Every record here needs to be duplicated exactly.

──────── Data provided

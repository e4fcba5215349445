ghost use Rattle.std.specs.Prelude.{◌≡◌, ◌+◌, ◌<◌, ◌≤◌, ◌*◌, ◌++◌, ℕ, [], ◌∷◌, IfOk, OnOk};
ghost use Rattle.ug_problem.specs.Instances.{instance_of};
ghost use Rattle.ug_gen.specs.Stated.{instance, objective as stated_objective, row as stated_row};

use crate::draws::Draws;
use crate::parts::{columns, profits, row};
use std::alloc::{AllocError, Global};
use ug_lists::Items;
use ug_problem::{Columns, NamedRow, NamedRows, Problem, ProblemError};
use ug_rows::Objective;

// Adds a row, counted from 1.
fn push_row(
    alloc: Global,
    draws: &Draws,
    number: u32,
    size: u32,
    rows: &mut Vec<NamedRow>,
) -> Result<(), AllocError>
    requires number { number ≤ 3 }
    requires size { size ≤ 40 }
    requires drawn { 4 * size ≤ draws.now.count }
    ensures { OnOk result
        (rows.new.items ≡ rows.old.items ++ stated_row draws.now.seed size number ∷ []) }
{
    rows.push(row(alloc, draws, number, size)?)?;
    Ok(())
}

// Adds the three rows.
fn push_rows(
    alloc: Global,
    draws: &Draws,
    size: u32,
    rows: &mut Vec<NamedRow>,
) -> Result<(), AllocError>
    requires size { size ≤ 40 }
    requires drawn { 4 * size ≤ draws.now.count }
    ensures { OnOk result (rows.new.items ≡ rows.old.items ++ stated_row draws.now.seed size 1
        ∷ stated_row draws.now.seed size 2 ∷ stated_row draws.now.seed size 3 ∷ []) }
{
    push_row(alloc, draws, 1, size, rows)?;
    push_row(alloc, draws, 2, size, rows)?;
    push_row(alloc, draws, 3, size, rows)
}

// Returns the objective, which is minimised.
fn objective(alloc: Global, draws: &Draws, size: u32) -> Result<Objective, AllocError>
    requires size { size ≤ 40 }
    requires drawn { 4 * size ≤ draws.now.count }
    ensures { IfOk result (λ made. made ≡ stated_objective draws.now.seed size) }
{
    Ok(Objective {
        terms: Items::from_vec(profits(alloc, draws, size)?),
        constant: 0,
        maximise: true,
        scale: 0,
    })
}

// What the instance is made of.
#[derive(Drop)]
struct Parts {
    columns: Columns,
    rows: NamedRows,
    objective: Objective,
}

// The parts of the instance of these draws.
fn stated_parts(alloc: Global, draws: &Draws, size: u32) -> Result<Parts, AllocError>
    requires size { size ≤ 40 }
    requires drawn { 4 * size ≤ draws.now.count }
    ensures { IfOk result (λ parts. instance_of parts.columns parts.rows parts.objective
        ≡ instance draws.now.seed size) }
{
    let columns = match columns(alloc, size) {
        Ok(columns) => columns,
        Err(error) => return Err(error),
    };
    let mut rows = Vec::new(alloc);
    if let Err(error) = push_rows(alloc, draws, size, &mut rows) {
        drop(columns);
        drop(rows);
        return Err(error);
    }
    match objective(alloc, draws, size) {
        Ok(objective) => Ok(Parts {
            columns: Items::from_vec(columns),
            rows: Items::from_vec(rows),
            objective,
        }),
        Err(error) => {
            drop(columns);
            drop(rows);
            Err(error)
        }
    }
}

/// The instance of a seed, 1 to 2147483646, and of a size, the number of its columns, 1 to 40.
pub fn make(alloc: Global, seed: u32, size: u32) -> Result<Problem, AllocError>
    requires least_seed { 1 ≤ seed }
    requires greatest_seed { seed ≤ 2147483646 }
    requires least_size { 1 ≤ size }
    requires greatest_size { size ≤ 40 }
    ensures { IfOk result (λ problem. problem ≡ instance seed size) }
{
    let draws = Draws::new(alloc, seed, 4 * size)?;
    let parts = stated_parts(alloc, &draws, size);
    drop(draws);
    let parts = match parts {
        Ok(parts) => parts,
        Err(error) => return Err(error),
    };
    match Problem::new(alloc, parts.columns, parts.rows, parts.objective) {
        Ok(problem) => Ok(problem),
        Err(error) => match error {
            ProblemError::Memory => Err(AllocError),
            _ => unreachable!(),
        },
    }
}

────────────────

■ Solution for this exercise:
repository e4fcba5215349445
ghost use Rattle.std.specs.Prelude.{◌≡◌, ◌+◌, ◌<◌, ◌≤◌, ◌*◌, ◌++◌, ℕ, [], ◌∷◌, IfOk, OnOk};
ghost use Rattle.ug_problem.specs.Instances.{instance_of};
ghost use Rattle.ug_gen.specs.Stated.{instance, objective as stated_objective, row as stated_row};

use crate::draws::Draws;
use crate::parts::{columns, profits, row};
use std::alloc::{AllocError, Global};
use ug_lists::Items;
use ug_problem::{Columns, NamedRow, NamedRows, Problem, ProblemError};
use ug_rows::Objective;

// Adds a row, counted from 1.
fn push_row(
    alloc: Global,
    draws: &Draws,
    number: u32,
    size: u32,
    rows: &mut Vec<NamedRow>,
) -> Result<(), AllocError>
    requires number { number ≤ 3 }
    requires size { size ≤ 40 }
    requires drawn { 4 * size ≤ draws.now.count }
    ensures { OnOk result
        (rows.new.items ≡ rows.old.items ++ stated_row draws.now.seed size number ∷ []) }
{
    rows.push(row(alloc, draws, number, size)?)?;
    Ok(())
}

// Adds the three rows.
fn push_rows(
    alloc: Global,
    draws: &Draws,
    size: u32,
    rows: &mut Vec<NamedRow>,
) -> Result<(), AllocError>
    requires size { size ≤ 40 }
    requires drawn { 4 * size ≤ draws.now.count }
    ensures { OnOk result (rows.new.items ≡ rows.old.items ++ stated_row draws.now.seed size 1
        ∷ stated_row draws.now.seed size 2 ∷ stated_row draws.now.seed size 3 ∷ []) }
{
    push_row(alloc, draws, 1, size, rows)?;
    push_row(alloc, draws, 2, size, rows)?;
    push_row(alloc, draws, 3, size, rows)
}

// Returns the objective, which is minimised.
fn objective(alloc: Global, draws: &Draws, size: u32) -> Result<Objective, AllocError>
    requires size { size ≤ 40 }
    requires drawn { 4 * size ≤ draws.now.count }
    ensures { IfOk result (λ made. made ≡ stated_objective draws.now.seed size) }
{
    Ok(Objective {
        terms: Items::from_vec(profits(alloc, draws, size)?),
        constant: 0,
        maximise: true,
        scale: 0,
    })
}

// What the instance is made of.
#[derive(Drop)]
struct Parts {
    columns: Columns,
    rows: NamedRows,
    objective: Objective,
}

// The parts of the instance of these draws.
fn stated_parts(alloc: Global, draws: &Draws, size: u32) -> Result<Parts, AllocError>
    requires size { size ≤ 40 }
    requires drawn { 4 * size ≤ draws.now.count }
    ensures { IfOk result (λ parts. instance_of parts.columns parts.rows parts.objective
        ≡ instance draws.now.seed size) }
{
    let columns = match columns(alloc, size) {
        Ok(columns) => columns,
        Err(error) => return Err(error),
    };
    let mut rows = Vec::new(alloc);
    if let Err(error) = push_rows(alloc, draws, size, &mut rows) {
        drop(columns);
        drop(rows);
        return Err(error);
    }
    match objective(alloc, draws, size) {
        Ok(objective) => Ok(Parts {
            columns: Items::from_vec(columns),
            rows: Items::from_vec(rows),
            objective,
        }),
        Err(error) => {
            drop(columns);
            drop(rows);
            Err(error)
        }
    }
}

/// The instance of a seed, 1 to 2147483646, and of a size, the number of its columns, 1 to 40.
pub fn make(alloc: Global, seed: u32, size: u32) -> Result<Problem, AllocError>
    requires least_seed { 1 ≤ seed }
    requires greatest_seed { seed ≤ 2147483646 }
    requires least_size { 1 ≤ size }
    requires greatest_size { size ≤ 40 }
    ensures { IfOk result (λ problem. problem ≡ instance seed size) }
{
    let draws = Draws::new(alloc, seed, 4 * size)?;
    let parts = stated_parts(alloc, &draws, size);
    drop(draws);
    let parts = match parts {
        Ok(parts) => parts,
        Err(error) => return Err(error),
    };
    match Problem::new(alloc, parts.columns, parts.rows, parts.objective) {
        Ok(problem) => Ok(problem),
        Err(error) => match error {
            ProblemError::Memory => Err(AllocError),
            _ => unreachable!(),
        },
    }
}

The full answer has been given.